[Input Boundary: Start]

// What a new log will be, as far as the old one was read: how many commands stand before its base, the lengths of its full
// blocks, and how many bytes the block in hand has.
#[derive(Drop)]
pub struct Measured {
    pub commands: u64,
    pub full: Vec<u32>,
    pub filled: u32,
}
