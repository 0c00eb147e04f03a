// The stable records once more.
ghost use Rattle.std.specs.Prelude.{◌≡◌, All, List, IfOk, IfErr};
ghost use Rattle.disk_model.specs.Disk.{Rises, Stays};
ghost use Rattle.formats.specs.Reading.{FailsBy, TellsDamage};
ghost use Rattle.formats.specs.Records.{IsRecord, AreRecords};
ghost use Rattle.formats.specs.declared.record.Record.{Record};
ghost use Rattle.log_records.specs.Codec.{AreShort};
ghost use Rattle.log_records.specs.Loading.{IsTailFault};
ghost use Rattle.log_records.specs.RecordLog.{Keeps};
ghost use Rattle.log_records.specs.RecordReader.{AreAll};

use crate::RecordLog;
use crate::record_reader::RecordReader;
use disk_model::Machine;
use formats::{ReadErr, Record};
use log_blocks::LogFile;
use oper_core::{Bounds, Oper};
use std::alloc::Global;

// The records that are in the blocks of a log.
fn stable_records<O: Oper, M: Machine>(
    alloc: Global,
    m: &mut M,
    b: Bounds,
    log: &LogFile,
) -> Result<Vec<Record<O>>, ReadErr>
    ensures kept { Stays (M.disk m.old) (M.disk m.new) }
    ensures all { IfOk result (λ found. AreAll (O.meaning b) (M.disk m.new) log.now found.items) }
    ensures cause { IfErr result (FailsBy (Rises (M.disk m.old).disk_faults (M.disk m.new).disk_faults)
        (IsTailFault (O.meaning b) (M.disk m.new) log.now)) }
{
    let mut reader = RecordReader::<O>::new(alloc, m, b, log)?;
    let mut found = Vec::new(alloc);
    while let Some(record) = reader.next(m)? {
        found.push(record)?;
    }
    Ok(found)
}

impl<O: Oper> RecordLog<O> {
    /// The stable records, in the log's order.
    pub fn stable<M: Machine>(&self, m: &mut M) -> Result<Vec<Record<O>>, ReadErr>
        ensures kept { Stays (M.disk m.old) (M.disk m.new) }
        ensures records { (M.disk m.old).tells_files → (stable pending : List (Record O)) → Keeps (O.meaning self.now.bounds) (M.disk m.old) self.now stable pending
            → IfOk result (λ found. found.items ≡ stable) }
        ensures grammar { IfOk result (λ found. All (IsRecord (O.meaning self.now.bounds)) found.items) }
        ensures placed { IfOk result (λ found. AreRecords (O.meaning self.now.bounds) self.now.log.header.base self.now.log.header.base found.items) }
        ensures short { IfOk result (λ found. AreShort (O.meaning self.now.bounds) found.items) }
        ensures undamaged { (M.disk m.old).tells_files → (stable pending : List (Record O)) → Keeps (O.meaning self.now.bounds) (M.disk m.old) self.now stable pending
            → IfErr result (λ e. TellsDamage e → ⊥) }
        ensures cause { IfErr result (FailsBy (Rises (M.disk m.old).disk_faults (M.disk m.new).disk_faults)
            (IsTailFault (O.meaning self.now.bounds) (M.disk m.new) self.now.log)) }
    {
        let records = stable_records(self.alloc, m, self.bounds, &self.log)?;
        Ok(records)
    }
}
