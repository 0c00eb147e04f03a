// Puts the records of a log into a new one, in blocks whose lengths are known.
ghost use Rattle.std.specs.Prelude.{◌≡◌, ◌≢◌, ◌<◌, ◌≤◌, ◌+◌, ◌^◌, ◌↔◌, ◌++◌, ◌∷◌, [], List, ℕ, IsTrue, IfErr, IfOk, IfSome, IsErr, OnOk, length, option_copied};
ghost use Rattle.std.specs.Option.{option_to_list};
ghost use Rattle.disk_model.specs.Disk.{In, Rises, Runs, Same, Stays};
ghost use Rattle.oper_core.specs.Meaning.{IsSmall};
ghost use Rattle.formats.specs.Reading.{FailsBy};
ghost use Rattle.formats.specs.Records.{record_code, IsRecord};
ghost use Rattle.formats.specs.declared.read_err.ReadErr.TheVariants.{Damaged};
ghost use Rattle.formats.specs.declared.record.Record.{Record};
ghost use Rattle.log_blocks.specs.Rewriting.{KeepsClosed};
ghost use Rattle.log_blocks.specs.Writing.{put_of};
ghost use Rattle.log_records.specs.Codec.{IsEncodable};
ghost use Rattle.log_records.specs.Copying.{HasCopied, HasFilled, HasLaid, IsLaid, IsPlanned, PutFails, later_of, room_left};
ghost use Rattle.log_records.specs.Laying.{Fits, codes_of, room_of};
ghost use Rattle.log_records.specs.Loading.{IsTailFault};
ghost use Rattle.log_records.specs.LogCopy.{CopyFails, IsCopyPlanned};
ghost use Rattle.log_records.specs.RecordReader.{AreAll};
ghost use Rattle.log_records.specs.Rewriting.{from_lsn};

use crate::RecordLog;
use crate::blocks_left::BlocksLeft;
use crate::codec::encode;
use crate::copy_err::CopyErr;
use crate::new_log::NewLog;
use crate::put_err::PutErr;
use crate::record_reader::RecordReader;
use crate::rewriting::is_from_lsn;
use disk_model::{Failed, Machine};
use formats::{ReadErr, Record};
use log_blocks::{LogFile, LogWriter};
use oper_core::{Bounds, Oper};
use std::alloc::Global;

// Puts a code into the block in hand; false where it has no room there.
fn put_behind<M: Machine>(
    m: &mut M,
    code: &[u8],
    blocks: &mut BlocksLeft,
    out: &mut LogWriter,
) -> Result<bool, Failed>
    requires some { 0 < blocks.old.left }
    requires fits { put_of out.old + room_left blocks.old < 2 ^ 63 }
    ensures runs { Runs (In out.old.file KeepsClosed) Same (M.disk m.old) (M.disk m.new) }
    ensures file { out.new.file ≡ out.old.file }
    ensures laid { IfOk result (HasLaid (M.disk m.old) (M.disk m.new) out.old out.new blocks.old blocks.new (code.now ∷ [])) }
    ensures cause { IsErr result → Rises (M.disk m.old).disk_faults (M.disk m.new).disk_faults }
{
    if code.len() > blocks.left as usize {
        return Ok(false);
    }
    out.put(m, code)?;
    blocks.left -= code.len() as u32;
    Ok(true)
}

// Begins the next block with a code; false where there is none, or no room in it.
fn put_first<M: Machine>(
    m: &mut M,
    code: &[u8],
    blocks: &mut BlocksLeft,
    out: &mut LogWriter,
) -> Result<bool, Failed>
    requires full { blocks.old.left ≡ 0 }
    requires fits { put_of out.old + room_left blocks.old < 2 ^ 63 }
    ensures runs { Runs (In out.old.file KeepsClosed) Same (M.disk m.old) (M.disk m.new) }
    ensures file { out.new.file ≡ out.old.file }
    ensures laid { IfOk result (HasLaid (M.disk m.old) (M.disk m.new) out.old out.new blocks.old blocks.new (code.now ∷ [])) }
    ensures cause { IsErr result → Rises (M.disk m.old).disk_faults (M.disk m.new).disk_faults }
{
    if blocks.next >= blocks.lengths.len() {
        return Ok(false);
    }
    let len = blocks.lengths[blocks.next];
    if code.len() > len as usize {
        return Ok(false);
    }
    out.begin_block(m, len)?;
    out.put(m, code)?;
    blocks.left = len - code.len() as u32;
    blocks.next += 1;
    Ok(true)
}

// Puts a code into the block in hand, or, where that is full, into the next; false where it has no room there.
fn put_code<M: Machine>(
    m: &mut M,
    code: &[u8],
    blocks: &mut BlocksLeft,
    out: &mut LogWriter,
) -> Result<bool, Failed>
    requires fits { put_of out.old + room_left blocks.old < 2 ^ 63 }
    ensures runs { Runs (In out.old.file KeepsClosed) Same (M.disk m.old) (M.disk m.new) }
    ensures file { out.new.file ≡ out.old.file }
    ensures laid { IfOk result (HasLaid (M.disk m.old) (M.disk m.new) out.old out.new blocks.old blocks.new (code.now ∷ [])) }
    ensures cause { IsErr result → Rises (M.disk m.old).disk_faults (M.disk m.new).disk_faults }
{
    if blocks.left == 0 {
        let laid = put_first(m, code, blocks, out)?;
        return Ok(laid);
    }
    let laid = put_behind(m, code, blocks, out)?;
    Ok(laid)
}

// Puts a record; false where it has no room in its block.
fn put_record<O: Oper, M: Machine>(
    m: &mut M,
    it: &Record<O>,
    code: &mut Vec<u8>,
    blocks: &mut BlocksLeft,
    out: &mut LogWriter,
) -> Result<bool, PutErr>
    requires code { IsEncodable O.meaning it.now }
    requires fits { put_of out.old + room_left blocks.old < 2 ^ 63 }
    ensures runs { Runs (In out.old.file KeepsClosed) Same (M.disk m.old) (M.disk m.new) }
    ensures file { out.new.file ≡ out.old.file }
    ensures laid { (b : Bounds) → IfOk result (HasLaid (M.disk m.old) (M.disk m.new) out.old out.new blocks.old blocks.new (record_code (O.meaning b) it.now ∷ [])) }
    ensures cause { IfErr result (PutFails (Rises (M.disk m.old).disk_faults (M.disk m.new).disk_faults)) }
{
    code.clear();
    encode(it, code)?;
    let laid = put_code(m, code, blocks, out)?;
    Ok(laid)
}

// Puts a record if it is numbered, from the base on; false where it has no room in its block.
fn copy_record<O: Oper, M: Machine>(
    m: &mut M,
    it: &Record<O>,
    base: u64,
    code: &mut Vec<u8>,
    blocks: &mut BlocksLeft,
    out: &mut LogWriter,
) -> Result<bool, PutErr>
    requires code { IsEncodable O.meaning it.now }
    requires fits { put_of out.old + room_left blocks.old < 2 ^ 63 }
    ensures runs { Runs (In out.old.file KeepsClosed) Same (M.disk m.old) (M.disk m.new) }
    ensures file { out.new.file ≡ out.old.file }
    ensures laid { (b : Bounds) → IfOk result (HasLaid (M.disk m.old) (M.disk m.new) out.old out.new blocks.old blocks.new (codes_of (O.meaning b) (from_lsn base (it.now ∷ [])))) }
    ensures cause { IfErr result (PutFails (Rises (M.disk m.old).disk_faults (M.disk m.new).disk_faults)) }
{
    if !is_from_lsn(it, base) {
        return Ok(true);
    }
    let laid = put_record(m, it, code, blocks, out)?;
    Ok(laid)
}

// Whether no block gets any more.
fn are_full(blocks: &BlocksLeft) -> bool
    ensures { IsTrue result ↔ ((blocks.now.left ≡ 0) × (length blocks.now.lengths.items ≤ blocks.now.next)) }
{
    blocks.left == 0 && blocks.lengths.len() <= blocks.next
}

// Puts a last record, if there is one; false where it has no room, or does not fill the blocks.
fn put_last<O: Oper, M: Machine>(
    alloc: Global,
    m: &mut M,
    last: Option<&Record<O>>,
    blocks: &mut BlocksLeft,
    out: &mut LogWriter,
) -> Result<bool, PutErr>
    requires code { IfSome last (λ r. IsEncodable O.meaning r.now) }
    requires fits { put_of out.old + room_left blocks.old < 2 ^ 63 }
    ensures runs { Runs (In out.old.file KeepsClosed) Same (M.disk m.old) (M.disk m.new) }
    ensures file { out.new.file ≡ out.old.file }
    ensures filled { (b : Bounds) → IfOk result (HasFilled (M.disk m.old) (M.disk m.new) out.old out.new blocks.old (codes_of (O.meaning b) (option_to_list (option_copied last.entry)))) }
    ensures cause { IfErr result (PutFails (Rises (M.disk m.old).disk_faults (M.disk m.new).disk_faults)) }
{
    let Some(it) = last else {
        return Ok(are_full(blocks));
    };
    let mut code = Vec::new(alloc);
    if !put_record(m, it, &mut code, blocks, out)? {
        return Ok(false);
    }
    Ok(are_full(blocks))
}

// The log reads otherwise than when it was measured.
fn changed(log: &LogFile) -> ReadErr
    ensures { result ≡ Damaged log.now.active 0 }
{
    ReadErr::Damaged {
        file: log.active(),
        place: 0,
    }
}

// Puts the records with an LSN of a log from a base on: one at a time is in memory.
fn copy_from_lsn<O: Oper, M: Machine>(
    alloc: Global,
    m: &mut M,
    b: Bounds,
    log: &LogFile,
    base: u64,
    blocks: &mut BlocksLeft,
    out: &mut LogWriter,
) -> Result<(), ReadErr>
    requires small { IsSmall b }
    requires apart { log.now.active ≢ out.old.file }
    requires fits { put_of out.old + room_left blocks.old < 2 ^ 63 }
    ensures runs { Runs (In out.old.file KeepsClosed) Same (M.disk m.old) (M.disk m.new) }
    ensures file { out.new.file ≡ out.old.file }
    ensures copied { OnOk result ((records : List (Record O)) × AreAll (O.meaning b) (M.disk m.new) log.now records
        × IsLaid (M.disk m.old) (M.disk m.new) out.old out.new blocks.old blocks.new (codes_of (O.meaning b) (from_lsn base records))) }

    // They have room, where all records of the log had.
    ensures cause { (all : List (Record O)) (last : List (List ℕ)) → AreAll (O.meaning b) (M.disk m.old) log.now all
        → Fits blocks.old.left (later_of blocks.old) (codes_of (O.meaning b) (from_lsn base all) ++ last)
        → IfErr result (FailsBy (Rises (M.disk m.old).disk_faults (M.disk m.new).disk_faults) (IsTailFault (O.meaning b) (M.disk m.new) log.now)) }
{
    let mut reader = RecordReader::<O>::new(alloc, m, b, log)?;
    let mut code = Vec::new(alloc);
    while let Some(record) = reader.next(m)? {
        if !copy_record(m, &record, base, &mut code, blocks, out)? {
            return Err(changed(log));
        }
    }
    Ok(())
}

// The same, from the log's own base on, into a log of another machine. One function cannot do both, as no machine can be
// lent out twice at a time.
fn copy_all<O: Oper, M: Machine, T: Machine>(
    alloc: Global,
    m: &mut M,
    target: &mut T,
    b: Bounds,
    log: &LogFile,
    blocks: &mut BlocksLeft,
    out: &mut LogWriter,
) -> Result<(), CopyErr>
    requires small { IsSmall b }
    requires fits { put_of out.old + room_left blocks.old < 2 ^ 63 }
    ensures kept { Stays (M.disk m.old) (M.disk m.new) }
    ensures runs { Runs (In out.old.file KeepsClosed) Same (T.disk target.old) (T.disk target.new) }
    ensures file { out.new.file ≡ out.old.file }
    ensures copied { OnOk result ((records : List (Record O)) × AreAll (O.meaning b) (M.disk m.new) log.now records
        × IsLaid (T.disk target.old) (T.disk target.new) out.old out.new blocks.old blocks.new (codes_of (O.meaning b) (from_lsn log.now.header.base records))) }

    // They have room, where all records of the log had.
    ensures cause { (all : List (Record O)) (last : List (List ℕ)) → AreAll (O.meaning b) (M.disk m.old) log.now all
        → Fits blocks.old.left (later_of blocks.old) (codes_of (O.meaning b) (from_lsn log.now.header.base all) ++ last)
        → IfErr result (CopyFails (Rises (M.disk m.old).disk_faults (M.disk m.new).disk_faults) (Rises (T.disk target.old).disk_faults (T.disk target.new).disk_faults)
        (IsTailFault (O.meaning b) (M.disk m.new) log.now) (λ u n l. ⊥)) }
{
    let mut reader = RecordReader::<O>::new(alloc, m, b, log)?;
    let mut code = Vec::new(alloc);
    while let Some(record) = reader.next(m)? {
        if !copy_record(target, &record, log.base(), &mut code, blocks, out)? {
            return Err(CopyErr::from(changed(log)));
        }
    }
    Ok(())
}

impl<O: Oper> RecordLog<O> {
    // Puts the blocks of a new log that was planned: the records with an LSN from the base on, and the checkpoint.
    pub(crate) fn copy<M: Machine>(
        &self,
        m: &mut M,
        base: u64,
        checkpoint: &Record<O>,
        new: NewLog,
        out: &mut LogWriter,
    ) -> Result<(), ReadErr>
        requires apart { self.now.log.active ≢ out.old.file }
        requires planned { IsPlanned (O.meaning self.now.bounds) (M.disk m.old) self.now.log base (checkpoint.now ∷ []) new }
        requires grammar { IsRecord (O.meaning self.now.bounds) checkpoint.now }
        requires fits { put_of out.old + room_of new.lengths.items < 2 ^ 63 }
        ensures runs { Runs (In out.old.file KeepsClosed) Same (M.disk m.old) (M.disk m.new) }
        ensures file { out.new.file ≡ out.old.file }
        ensures copied { OnOk result (HasCopied (O.meaning self.now.bounds) (M.disk m.new) (M.disk m.old) (M.disk m.new) self.now.log base (checkpoint.now ∷ []) new.lengths.items out.old out.new) }
        ensures cause { IfErr result (FailsBy (Rises (M.disk m.old).disk_faults (M.disk m.new).disk_faults) (IsTailFault (O.meaning self.now.bounds) (M.disk m.new) self.now.log)) }
    {
        let mut blocks = BlocksLeft {
            left: 0,
            lengths: new.lengths,
            next: 0,
        };
        copy_from_lsn::<O, M>(
            self.alloc,
            m,
            self.bounds,
            &self.log,
            base,
            &mut blocks,
            out,
        )?;
        if !put_last(self.alloc, m, Some(checkpoint), &mut blocks, out)? {
            return Err(changed(&self.log));
        }
        Ok(())
    }

    // Puts the blocks of the copy that was planned into a log of another machine: the records with an LSN, and the last one, if there is
    // one.
    pub(crate) fn copy_into<M: Machine, T: Machine>(
        &self,
        m: &mut M,
        target: &mut T,
        last: Option<&Record<O>>,
        new: NewLog,
        out: &mut LogWriter,
    ) -> Result<(), CopyErr>
        requires planned { IsCopyPlanned (O.meaning self.now.bounds) (M.disk m.old) self.now.log new (option_copied last) }
        requires fits { put_of out.old + room_of new.lengths.items < 2 ^ 63 }
        ensures kept { Stays (M.disk m.old) (M.disk m.new) }
        ensures runs { Runs (In out.old.file KeepsClosed) Same (T.disk target.old) (T.disk target.new) }
        ensures file { out.new.file ≡ out.old.file }
        ensures copied { OnOk result (HasCopied (O.meaning self.now.bounds) (M.disk m.new) (T.disk target.old) (T.disk target.new) self.now.log self.now.log.header.base (option_to_list (option_copied last.entry)) new.lengths.items out.old out.new) }
        ensures cause { IfErr result (CopyFails (Rises (M.disk m.old).disk_faults (M.disk m.new).disk_faults) (Rises (T.disk target.old).disk_faults (T.disk target.new).disk_faults)
            (IsTailFault (O.meaning self.now.bounds) (M.disk m.new) self.now.log) (λ u n l. ⊥)) }
    {
        let mut blocks = BlocksLeft {
            left: 0,
            lengths: new.lengths,
            next: 0,
        };
        copy_all::<O, M, T>(
            self.alloc,
            m,
            target,
            self.bounds,
            &self.log,
            &mut blocks,
            out,
        )?;
        if !put_last(self.alloc, target, last, &mut blocks, out)? {
            return Err(CopyErr::from(changed(&self.log)));
        }
        Ok(())
    }
}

[Input Boundary: End]

Aim of the exercise:
Which lines of the records above hold the word "IfSome"? Copy each one out.

Answer space:
ghost use Rattle.std.specs.Prelude.{◌≡◌, ◌≢◌, ◌<◌, ◌≤◌, ◌+◌, ◌^◌, ◌↔◌, ◌++◌, ◌∷◌, [], List, ℕ, IsTrue, IfErr, IfOk, IfSome, IsErr, OnOk, length, option_copied};
    requires code { IfSome last (λ r. IsEncodable O.meaning r.now) }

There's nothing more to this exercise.